Extra Info, Tried uninstalling, reinstalling, roll backing and updating drivers all over the place, no sounds are muted anywhere, windows audio service is on, no other sound cards, cleaned old drivers out, bios have onboard sound card enabled.:4-dontkno

The only thing i have not tried is re-installing windows or repairing it, because to be honest i kinda broke the disc......:sigh:

Thanks for any help in advance..........please help.......ray:


----------



## bhahar84 (Jan 7, 2008)

Hi zeroko!! :wave:

Welcome to TSF :wave:


Firstly, see if there is any yellow excalamation mark on Device Manager. Try to play music again now, can you still see the visualization on WMP? 

Try to boot into safe mode, and see if the sound work fine there. If its not, try to create a new user account, and see if it works :smile:


----------



## Zeroko (Feb 5, 2008)

Nope none of the above thanks for the help though, i honestly think the jack ports are broken.


----------



## bhahar84 (Jan 7, 2008)

Can you tried to post the screenshot of the Device Manager, and also information from the Everest or cpu-z. Maybe you need to update the chipset of your computer :smile:


----------



## Zeroko (Feb 5, 2008)

ok i will look into it and get back to you soon


----------



## Zeroko (Feb 5, 2008)

Ive had enough, nothings working, so i brought a new sound card.

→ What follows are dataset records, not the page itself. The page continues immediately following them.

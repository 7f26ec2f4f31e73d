//! What a script leaves is a store that a run has reached.
ghost use Rattle.gs_laws_scripts.specs.runs.Scripts.{AnyScriptIsReached, EachScriptIsReached};

/// What a script leaves is a store that is reached by a run, over disks that said nothing: by one in which no disk may fail, where in no step one failed, and else by one in which they may. So what holds of each
/// store that is reached holds of what a script leaves, where different blocks that its servers ever had have different digests.
pub fn each_script_is_reached<D>()
    ensures sound { EachScriptIsReached D }
    ensures any { AnyScriptIsReached D }
{}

Thanks for the help guys even if you wernt successful im still very thankful to you, thank you.


----------



## bhahar84 (Jan 7, 2008)

Zeroko said:


> Ive had enough, nothings working, so i brought a new sound card.
> 
> Thanks for the help guys even if you wernt successful im still very thankful to you, thank you.

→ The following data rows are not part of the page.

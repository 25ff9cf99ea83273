//! The assembly syntax of instructions: mnemonics and the shapes of operands ("RV32/64G Instruction Set Listings").

ghost use Rattle.std.specs.Prelude.{◌≡◌, ◌≤◌, ◌/◌, ◌^◌, length};
ghost use Rattle.rv_base.specs.declared.instr.Instr.TheVariants as instr;
ghost use Rattle.rv_text.specs.declared.syntax.Operands.TheVariants.{Upper, Indexed, Nothing};
ghost use Rattle.rv_text.specs.Syntax.{form, form_of, illegal, syntax, atomic_syntax, branch_mnemonic as branch_mnemonic_of, load_mnemonic as load_mnemonic_of, store_mnemonic as store_mnemonic_of, register_mnemonic as register_mnemonic_of, amo_mnemonic as amo_mnemonic_of, amo_operands as amo_operands_of};

use rv_base::{Atomic, AtomicOp, Cond, Instr, LoadKind, Op, StoreKind};

/// The most bytes of a mnemonic.
pub const MNEMONIC_BYTES: usize = 9;

/// The operands of an instruction, in each of the shapes that they are written in.
#[derive(Clone, Copy, PartialEq, Eq, Debug)]
pub enum Operands {
    /// A register and the upper 20 bits of a word: `x5, 0x10`.
    Upper { rd: u8, upper: u32 },
    /// A register and an offset in bytes: `x1, 8`.
    Jump { rd: u8, offset: i32 },
    /// Two registers and an offset in bytes: `x1, x2, -4`.
    Branch { rs1: u8, rs2: u8, offset: i32 },
    /// A register, and an address as a base and an offset in bytes: `x6, 2(x5)`.
    Indexed { register: u8, offset: i32, base: u8 },
    /// Two registers and an immediate: `x10, x0, 42`.
    Immediate { rd: u8, rs1: u8, imm: i32 },
    /// Three registers: `x5, x6, x7`.
    Registers { rd: u8, rs1: u8, rs2: u8 },
    /// A register, and the register of an address: `x6, (x5)`.
    Reserve { rd: u8, base: u8 },
    /// Two registers, and the register of an address: `x7, x6, (x5)`.
    Atomic { rd: u8, rs2: u8, base: u8 },
    /// No operands.
    Nothing,
}

/// How an instruction is written: its mnemonic, and behind a blank its operands.
#[derive(Clone, Copy, Debug)]
pub struct Syntax {
    pub mnemonic: &'static str,
    pub operands: Operands,
}

impl Syntax {
    /// What is written for a word that is no instruction.
    pub fn illegal() -> Syntax
        ensures { form_of result ≡ illegal }
    {
        Syntax {
            mnemonic: "illegal",
            operands: Operands::Nothing,
        }
    }
}

/// How an instruction of RV32I or M is written. An operation that has no immediate form is no instruction.
#[tactic(auto, unfolding(crate::specs::Syntax::syntax))]
pub fn syntax_of(instr: &Instr) -> Syntax
    ensures exact { form_of result ≡ syntax instr.now }
    ensures short { length result.mnemonic.now ≤ MNEMONIC_BYTES }
{
    match *instr {
        Instr::Lui { rd, imm } => upper("lui", rd, imm),
        Instr::Auipc { rd, imm } => upper("auipc", rd, imm),
        Instr::Jal { rd, off } => Syntax {
            mnemonic: "jal",
            operands: Operands::Jump { rd, offset: off },
        },
        Instr::Jalr { rd, rs1, imm } => indexed("jalr", rd, imm, rs1),
        Instr::Branch {
            cond,
            rs1,
            rs2,
            off,
        } => Syntax {
            mnemonic: branch_mnemonic(cond),
            operands: Operands::Branch {
                rs1,
                rs2,
                offset: off,
            },
        },
        Instr::Load { kind, rd, rs1, imm } => indexed(load_mnemonic(kind), rd, imm, rs1),
        Instr::Store {
            kind,
            rs1,
            rs2,
            imm,
        } => indexed(store_mnemonic(kind), rs2, imm, rs1),
        Instr::OpImm { op, rd, rs1, imm } => immediate_operation(op, rd, rs1, imm),
        Instr::Op { op, rd, rs1, rs2 } => Syntax {
            mnemonic: register_mnemonic(op),
            operands: Operands::Registers { rd, rs1, rs2 },
        },
        Instr::Fence { .. } => bare("fence"),
        Instr::Ecall => bare("ecall"),
        Instr::Ebreak => bare("ebreak"),
    }
}

/// How an instruction of extension A is written. The flags aq and rl aren't.
pub fn atomic_syntax_of(a: &Atomic) -> Syntax
    ensures exact { form_of result ≡ atomic_syntax a.now }
    ensures short { length result.mnemonic.now ≤ MNEMONIC_BYTES }
{
    Syntax {
        mnemonic: amo_mnemonic(a.op),
        operands: amo_operands(a.op, a.rd, a.rs1, a.rs2),
    }
}

fn upper(mnemonic: &'static str, rd: u8, imm: u32) -> Syntax
    ensures { form_of result ≡ form mnemonic.now (Upper rd (imm / 2 ^ 12)) }
{
    Syntax {
        mnemonic,
        operands: Operands::Upper {
            rd,
            upper: imm >> 12,
        },
    }
}

fn indexed(mnemonic: &'static str, register: u8, offset: i32, base: u8) -> Syntax
    ensures { form_of result ≡ form mnemonic.now (Indexed register offset base) }
{
    Syntax {
        mnemonic,
        operands: Operands::Indexed {
            register,
            offset,
            base,
        },
    }
}

fn bare(mnemonic: &'static str) -> Syntax
    ensures { form_of result ≡ form mnemonic.now Nothing }
{
    Syntax {
        mnemonic,
        operands: Operands::Nothing,
    }
}

#[tactic(auto, unfolding(crate::specs::Syntax::syntax))]
fn immediate_operation(op: Op, rd: u8, rs1: u8, imm: i32) -> Syntax
    ensures exact { form_of result ≡ syntax (instr.OpImm op rd rs1 imm) }
    ensures short { length result.mnemonic.now ≤ MNEMONIC_BYTES }
{
    let mnemonic = match op {
        Op::Add => "addi",
        Op::Slt => "slti",
        Op::Sltu => "sltiu",
        Op::Xor => "xori",
        Op::Or => "ori",
        Op::And => "andi",
        Op::Sll => "slli",
        Op::Srl => "srli",
        Op::Sra => "srai",
        _ => return Syntax::illegal(),
    };
    Syntax {
        mnemonic,
        operands: Operands::Immediate { rd, rs1, imm },
    }
}

fn branch_mnemonic(cond: Cond) -> &'static str
    ensures value { result.now ≡ branch_mnemonic_of cond }
    ensures short { length result.now ≤ MNEMONIC_BYTES }
{
    match cond {
        Cond::Eq => "beq",
        Cond::Ne => "bne",
        Cond::Lt => "blt",
        Cond::Ge => "bge",
        Cond::Ltu => "bltu",
        Cond::Geu => "bgeu",
    }
}

fn load_mnemonic(kind: LoadKind) -> &'static str
    ensures value { result.now ≡ load_mnemonic_of kind }
    ensures short { length result.now ≤ MNEMONIC_BYTES }
{
    match kind {
        LoadKind::B => "lb",
        LoadKind::H => "lh",
        LoadKind::W => "lw",
        LoadKind::Bu => "lbu",
        LoadKind::Hu => "lhu",
    }
}

fn store_mnemonic(kind: StoreKind) -> &'static str
    ensures value { result.now ≡ store_mnemonic_of kind }
    ensures short { length result.now ≤ MNEMONIC_BYTES }
{
    match kind {
        StoreKind::B => "sb",
        StoreKind::H => "sh",
        StoreKind::W => "sw",
    }
}

fn register_mnemonic(op: Op) -> &'static str
    ensures value { result.now ≡ register_mnemonic_of op }
    ensures short { length result.now ≤ MNEMONIC_BYTES }
{
    match op {
        Op::Add => "add",
        Op::Sub => "sub",
        Op::Sll => "sll",
        Op::Slt => "slt",
        Op::Sltu => "sltu",
        Op::Xor => "xor",
        Op::Srl => "srl",
        Op::Sra => "sra",
        Op::Or => "or",
        Op::And => "and",
        Op::Mul => "mul",
        Op::Mulh => "mulh",
        Op::Mulhsu => "mulhsu",
        Op::Mulhu => "mulhu",
        Op::Div => "div",
        Op::Divu => "divu",
        Op::Rem => "rem",
        Op::Remu => "remu",
    }
}

fn amo_mnemonic(op: AtomicOp) -> &'static str
    ensures value { result.now ≡ amo_mnemonic_of op }
    ensures short { length result.now ≤ MNEMONIC_BYTES }
{
    match op {
        AtomicOp::Lr => "lr.w",
        AtomicOp::Sc => "sc.w",
        AtomicOp::Swap => "amoswap.w",
        AtomicOp::Add => "amoadd.w",
        AtomicOp::Xor => "amoxor.w",
        AtomicOp::And => "amoand.w",
        AtomicOp::Or => "amoor.w",
        AtomicOp::Min => "amomin.w",
        AtomicOp::Max => "amomax.w",
        AtomicOp::Minu => "amominu.w",
        AtomicOp::Maxu => "amomaxu.w",
    }
}

fn amo_operands(op: AtomicOp, rd: u8, rs1: u8, rs2: u8) -> Operands
    ensures { result ≡ amo_operands_of op rd rs1 rs2 }
{
    match op {
        AtomicOp::Lr => Operands::Reserve { rd, base: rs1 },
        _ => Operands::Atomic { rd, rs2, base: rs1 },
    }
}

Sorry for not be able to solve your issue :sigh:

But, glad to hear that you have the sound on the computer again :grin:

If you have any other issue, just post again, and we'll glad to assist you :grin:

Hope you enjoy your stay here at TSF :grin:


----------



## Zeroko (Feb 5, 2008)

Thanks Guys Some Problems are beyond being solved i would think, Thanks again.


----------